Toxoplasma gondii is a brain parasite that can infect many warm-blooded animals—like cats and humans—and can lead to the disease toxoplasmosis, or “toxo.” The single-celled parasite is too small to see with the naked eye and survives inside soil, water, raw meat, and animals’ bodies. Toxoplasma gondii is best known for hijacking the behavior of mice, causing them to lose their fear of feline predators.

Toxoplasma gondii is one of the most common parasites in the world and has infected approximately one-third of people globally, including some 40 million Americans. In humans, toxoplasmosis can cause flu-like reactions, but most people infected never develop symptoms. For pregnant people or those with compromised immune systems, toxoplasmosis may cause serious health problems and has been linked to nervous system disorders and cancers, per Brandon Sun for the Toronto Star.

Felines usually get toxoplasmosis from eating infected wild animals or raw meat, which makes outdoor pet cats particularly susceptible to the parasite. Once infected, a single cat can drop half-a-billion toxo eggs in just two weeks through their feces. The are tens of millions of free-roaming cats in the United States, which, in addition to killing huge numbers of birds and other wild creatures, host and excrete Toxoplasma gondii.

In the study published last month in Proceedings of the Royal Society B: Biological Science, researchers examined more than 45,000 cases of toxoplasmosis in wild mammals, pulling data from more than 200 studies, reports Jessica Cheung for CBC News.  The results suggested that cats were more likely to pass on the paradise to wildlife where human density is higher, like cities.

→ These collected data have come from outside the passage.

//! Values: what an output holds.

ghost use Rattle.std.specs.Prelude.{◌≡◌, ◌++◌, ℕ, List, [], length, map, ◌<◌, ◌≤◌, ◌+◌, ◌^◌, ◌+ℤ◌, ◌-ℤ◌, IfOk, IfErr};
ghost use Rattle.std.specs.Prelude.{OnOk, OnErr, vec_len, vec_capacity, pos};
ghost use Rattle.model.specs.Cbor.{text_of, HasText, nesting};
ghost use Rattle.model.specs.Value as model;
ghost use Rattle.model.specs.Value.{item_of_value, IsValue, SpellsValue, Asset, amount_of};
ghost use Rattle.cbor.specs.Gives.{IfMalformed, IfWant};
ghost use Rattle.cbor.specs.Texts.{BeginsWithText};
ghost use Rattle.cbor.specs.Bare.{BeginsWithHead};
ghost use Rattle.value.specs.Totals.{total_of, policies_met};
ghost use Rattle.value.specs.Listed.{listed};
ghost use Rattle.value.specs.Parts.{IsValueOf, IsAssetFault, IfAtFault};
ghost use Rattle.value.specs.View.{policy_of, asset_of};
ghost use Rattle.cbor.specs.Texts.{Keeps, Writes};

use crate::asset_fault::AssetFault;
use crate::asset_quantity::AssetQuantity;
use crate::assets::Policy;
use crate::copying::clone_policies;
use crate::grouping::policies_with;
use crate::reader;
use crate::side::Side;
use crate::totals::Totals;
use crate::writer::write_assets;
use cbor::CborFault;
use std::alloc::{AllocError, Global};
use std::marker::Model;

/// How deep coin alone nests: it is a number.
const COIN_NESTING: usize = 1;

/// How deep coin with assets nests: an array, the map of the policies, and in it the maps of names to quantities.
const ASSETS_NESTING: usize = 4;

/// What an output holds: coin in lovelace, and quantities of other assets, each 1 to 2^64 - 1.
///
/// ```text
/// let policy = ScriptHash::from_bytes([1; 32]);
/// let five = AssetQuantity { policy, name: Vec::new(alloc), quantity: 5 };
/// let value = Value::new(alloc, 800, vec![in alloc; five]?)?; // 800 lovelace, and 5 of the policy's empty name
/// let mut text = Vec::new(alloc);
/// value.write(&mut text)?; // 42 bytes: 82 19 03 20, a1 58 20 with the 32 bytes of the policy, a1 40 05
/// let (read, rest) = Value::read(alloc, &text)?; // an equal value, and no bytes after it
/// let mut totals = Totals::new(alloc);
/// value.add_to(&mut totals)?; // totals.coin() is 800, and totals.amount(&policy, b"") is 5
/// read.take_from(&mut totals)?; // totals.is_balanced() is true
/// ```
#[derive(Debug, Drop)]
pub struct Value {
    alloc: Global,
    coin: u64,
    assets: Vec<Policy<u64>>,
}

impl Model for Value {
    ghost use Rattle.model.specs.Value as model;
    ghost use Rattle.model.specs.Codes.{coded_value};

    ghost Value = { model.Value };

    ghost coded = { coded_value };

    ghost use Rattle.value.specs.Held.{value_of, IsHeldValue};

    ghost view = { value_of };

    ghost invariant = { IsHeldValue };
}

impl PartialEq for Value {
    ghost use Rattle.std.specs.Prelude.{◌↔◌, IsTrue};
    ghost use Rattle.value.specs.Same.{value_eq, same_value_laws};

    ghost eq = { value_eq };

    ghost laws = { same_value_laws };

    /// Whether the two are the same value, which is so just where their texts are the same. Linear in the assets.
    fn eq(&self, other: &Value) -> bool
        ensures exact { result ≡ value_eq self.now other.now }
        ensures same { IsTrue result ↔ (self.now ≡ other.now) }
    {
        self.coin == other.coin && self.assets == other.assets
    }
}

impl Value {
    /// Coin alone, in lovelace. Takes no memory.
    pub fn of_coin(alloc: Global, coin: u64) -> Value
        ensures { result ≡ record { coin = coin; assets = [] } }
    {
        Value {
            alloc,
            coin,
            assets: Vec::new(alloc),
        }
    }

    /// The value of this coin, in lovelace, and these assets, which may come in any order. Err where no value with a
    /// text is of these parts, for the first of the reasons that there is: `NameTooLong` for a name of more than 32
    /// bytes, `ZeroQuantity`, and `Repeated` for two quantities of one policy and name. OutOfMemory only where there is
    /// no such reason. Sorts the assets where they are and moves their names: n log n comparisons of n assets.
    pub fn new(
        alloc: Global,
        coin: u64,
        assets: Vec<AssetQuantity<u64>>,
    ) -> Result<Value, AssetFault>
        ensures made { IfOk result (λ value. IsValueOf value coin (map asset_of assets.items)) }
        ensures fault { IfErr result (IsAssetFault pos (map asset_of assets.items)) }
        ensures refused { IfErr result (λ fault. IfAtFault fault ((value : model.Value) → IsValue value →
            HasText (item_of_value value) → IsValueOf value coin (map asset_of assets.items) → ⊥)) }
    {
        Ok(Value {
            alloc,
            coin,
            assets: policies_with(alloc, assets)?,
        })
    }

    /// The value whose text stands first, and the bytes after it (RFC 8949, section 4.2.1; the value of Shelley-MA's
    /// outputs). Malformed where no value's text stands there, OutOfMemory where memory ran out before that was known:
    /// the assets are kept as they are read. Coin alone asks for no memory, nor do bytes that don't begin with the head
    /// of an array of two. Linear in the bytes of the text.
    ///
    /// ```text
    /// let (value, rest) = Value::read(alloc, b"\x19\x03\x20\xf6")?; // 800 lovelace, and null after it
    /// assert_eq!((value.coin(), rest), (800, b"\xf6".as_slice()));
    /// ```
    pub fn read(alloc: Global, bytes: &[u8]) -> Result<(Value, &[u8]), CborFault>
        ensures found { IfOk result (λ x. BeginsWithText (SpellsValue x.0) bytes.now x.1.now) }
        ensures malformed { IfErr result (λ fault. IfMalformed fault ((value : model.Value) (rest : List ℕ) →
            BeginsWithText (SpellsValue value) bytes.now rest → ⊥)) }
        ensures want { IfErr result (λ fault. IfWant fault ((value : model.Value) (rest : List ℕ) →
            BeginsWithText (SpellsValue value) bytes.now rest → value.assets ≡ [] → ⊥)) }
        ensures begins { IfErr result (λ fault. IfWant fault (BeginsWithHead 4 2 bytes.now)) }
    {
        let (coin, assets, rest) = reader::coin_with(alloc, bytes)?;
        let value = Value {
            alloc,
            coin,
            assets,
        };
        Ok((value, rest))
    }

    /// The coin, in lovelace: 0 to 2^64 - 1.
    pub fn coin(&self) -> u64
        ensures { result ≡ self.now.coin }
    {
        self.coin
    }

    /// The policies with their assets, in the order of the text: by their bytes. Copies nothing.
    pub fn assets(&self) -> &[Policy<u64>]
        ensures { map policy_of result.now ≡ self.now.assets }
    {
        &self.assets
    }

    /// How deep the text of the value nests (RFC 8949, items in one another): 1 for coin alone, and 4 with assets.
    /// Constant time.
    pub fn nesting(&self) -> usize
        ensures deep { result ≡ nesting (item_of_value self.now) }
        ensures within { result ≤ 4 }
        ensures spelled { SpellsValue self.now (text_of (item_of_value self.now)) }
    {
        if self.assets.is_empty() {
            return COIN_NESTING;
        }
        ASSETS_NESTING
    }

    /// Writes coin and assets after the bytes.
    fn write_parts(&self, out: &mut Vec<u8>) -> Result<(), AllocError>
        ensures ok { OnOk result (out.new.items ≡ out.old.items ++ text_of (item_of_value self.now)) }
        ensures keeps { Keeps out.old.items out.new.items }
        ensures full { OnErr result (vec_capacity out.old < vec_len out.old +
            length (text_of (item_of_value self.now))) }
        ensures capacity { vec_capacity out.old ≤ vec_capacity out.new }
        ensures spelled { SpellsValue self.now (text_of (item_of_value self.now)) }
    {
        if self.assets.is_empty() {
            return cbor::write_unsigned(out, self.coin);
        }
        cbor::write_array(out, 2)?;
        cbor::write_unsigned(out, self.coin)?;
        write_assets(out, &self.assets)
    }

    /// Writes the text of the value after the bytes (RFC 8949, section 4.2.1), in time linear in it. Err where memory
    /// runs out, which it does not where the vector has room for the text: the bytes stay as they were.
    pub fn write(&self, out: &mut Vec<u8>) -> Result<(), AllocError>
        ensures ok { OnOk result (Writes (SpellsValue self.now) out.old.items out.new.items) }
        ensures err { OnErr result (out.new.items ≡ out.old.items) }
        ensures full { OnErr result (vec_capacity out.old < vec_len out.old +
            length (text_of (item_of_value self.now))) }
        ensures capacity { vec_capacity out.old ≤ vec_capacity out.new }
    {
        let start = out.len();
        let written = self.write_parts(out);
        if written.is_err() {
            out.truncate(start);
        }
        written
    }

    /// An equal value. Err where memory runs out. Linear in the assets.
    pub fn try_clone(&self) -> Result<Value, AllocError>
        ensures { IfOk result (λ copy. copy ≡ self.now) }
    {
        Ok(Value {
            alloc: self.alloc,
            coin: self.coin,
            assets: clone_policies(self.alloc, &self.assets)?,
        })
    }

    /// Adds the value to the sums. The caller sees to it that fewer than 2^62 values were added or taken before
    /// ([`Totals::values`]). Err where memory runs out: the sums and what they list are as they were. Takes a few
    /// look-ups for each policy and name among those that are listed.
    pub fn add_to(&self, totals: &mut Totals) -> Result<(), AllocError>
        requires { totals.old.values < 2 ^ 62 }
        ensures sums { OnOk result ((asset : Asset) →
            total_of totals.new asset ≡ total_of totals.old asset +ℤ amount_of asset self.now) }
        ensures counted { OnOk result (totals.new.values ≡ totals.old.values + 1) }
        ensures same { OnErr result ((asset : Asset) → total_of totals.new asset ≡ total_of totals.old asset) }
        ensures listing { OnErr result (listed (policies_met totals.new) ≡ listed (policies_met totals.old)) }
        ensures uncounted { OnErr result (totals.new.values ≡ totals.old.values) }
    {
        totals.change(self.coin, &self.assets, Side::Added)
    }

    /// Takes the value from the sums, so that what goes out is set against what comes in. The caller sees to what
    /// [`Value::add_to`] asks. Err where memory runs out: the sums and what they list are as they were. Takes a few
    /// look-ups for each policy and name among those that are listed.
    pub fn take_from(&self, totals: &mut Totals) -> Result<(), AllocError>
        requires { totals.old.values < 2 ^ 62 }
        ensures sums { OnOk result ((asset : Asset) →
            total_of totals.new asset ≡ total_of totals.old asset -ℤ amount_of asset self.now) }
        ensures counted { OnOk result (totals.new.values ≡ totals.old.values + 1) }
        ensures same { OnErr result ((asset : Asset) → total_of totals.new asset ≡ total_of totals.old asset) }
        ensures listing { OnErr result (listed (policies_met totals.new) ≡ listed (policies_met totals.old)) }
        ensures uncounted { OnErr result (totals.new.values ≡ totals.old.values) }
    {
        totals.change(self.coin, &self.assets, Side::Taken)
    }
}
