//! The assets of a value or of what is minted: policies, and under each its names with their quantities.

use ident::ScriptHash;

/// The longest asset name, in bytes.
pub const MAX_NAME: usize = 32;

/// A quantity of what a policy has under a name.
#[derive(Debug, PartialEq, Eq, Drop)]
pub struct Token<Q> {
    /// The asset name, 0 to 32 bytes.
    pub name: Vec<u8>,
    pub quantity: Q,
}

/// What there is of one policy.
#[derive(Debug, PartialEq, Eq, Drop)]
pub struct Policy<Q> {
    /// The hash of the policy's script.
    pub id: ScriptHash,
    /// The names, in the order of their texts: shorter ones first, then by their bytes.
    pub tokens: Vec<Token<Q>>,
}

“As increasing human densities are associated with increased densities of domestic cats, our study suggests that free-roaming domestic cats—whether pets or feral cats—are the most likely cause of these infections,” says veterinarian and ecologist, Amy Wilson from the University of British Columbia, who led the new research. According to their findings, Wilson says domestic cats are “the most consequential host for toxoplasma.”

The researchers also found the parasite was more prevalent in warmer climates and among animals with aquatic habitats. Climate change could be shifting how the parasite spreads, as the study concluded that healthy forests and other ecosystems can keep dangerous pathogens like Toxoplasma gondii at bay.

“Intense rainfall, for example, which might be expected to occur as a result of climate change in many regions of Canada—that could be a factor,” says David Lapen, a research scientist for Agriculture and Agri-Food Canada who co-authored the study.

Wilson says the good news is that cat owners can keep themselves and their feline friends safe by doing one simple thing: keeping cats indoors. For owners that really want to give their kitty outdoor access, do so under close observation on a leash, or in a protected outdoor enclosure. 

“The message to cat owners is really to start transitioning your cat to a supervised outdoor access,” Wilson said to Simon Little for Global News. “We know that free-roaming cats suffer increased trauma, we know they suffer increased disease.”